# What the task asks
Keeping each line exactly as it is, output all of the records.

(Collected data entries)
.....

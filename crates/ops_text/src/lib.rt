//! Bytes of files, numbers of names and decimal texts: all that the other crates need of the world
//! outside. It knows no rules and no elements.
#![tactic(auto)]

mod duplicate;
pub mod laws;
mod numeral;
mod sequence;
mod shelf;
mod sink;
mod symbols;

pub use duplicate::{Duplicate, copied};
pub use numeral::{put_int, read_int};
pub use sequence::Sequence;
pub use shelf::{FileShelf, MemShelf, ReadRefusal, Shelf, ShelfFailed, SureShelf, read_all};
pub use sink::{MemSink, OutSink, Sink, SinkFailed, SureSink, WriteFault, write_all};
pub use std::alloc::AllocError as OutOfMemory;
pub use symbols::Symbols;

.....

# Exercise answer
filename crates/ops_text/src/lib.rt
//! Bytes of files, numbers of names and decimal texts: all that the other crates need of the world
//! outside. It knows no rules and no elements.
#![tactic(auto)]

mod duplicate;
pub mod laws;
mod numeral;
mod sequence;
mod shelf;
mod sink;
mod symbols;

pub use duplicate::{Duplicate, copied};
pub use numeral::{put_int, read_int};
pub use sequence::Sequence;
pub use shelf::{FileShelf, MemShelf, ReadRefusal, Shelf, ShelfFailed, SureShelf, read_all};
pub use sink::{MemSink, OutSink, Sink, SinkFailed, SureSink, WriteFault, write_all};
pub use std::alloc::AllocError as OutOfMemory;
pub use symbols::Symbols;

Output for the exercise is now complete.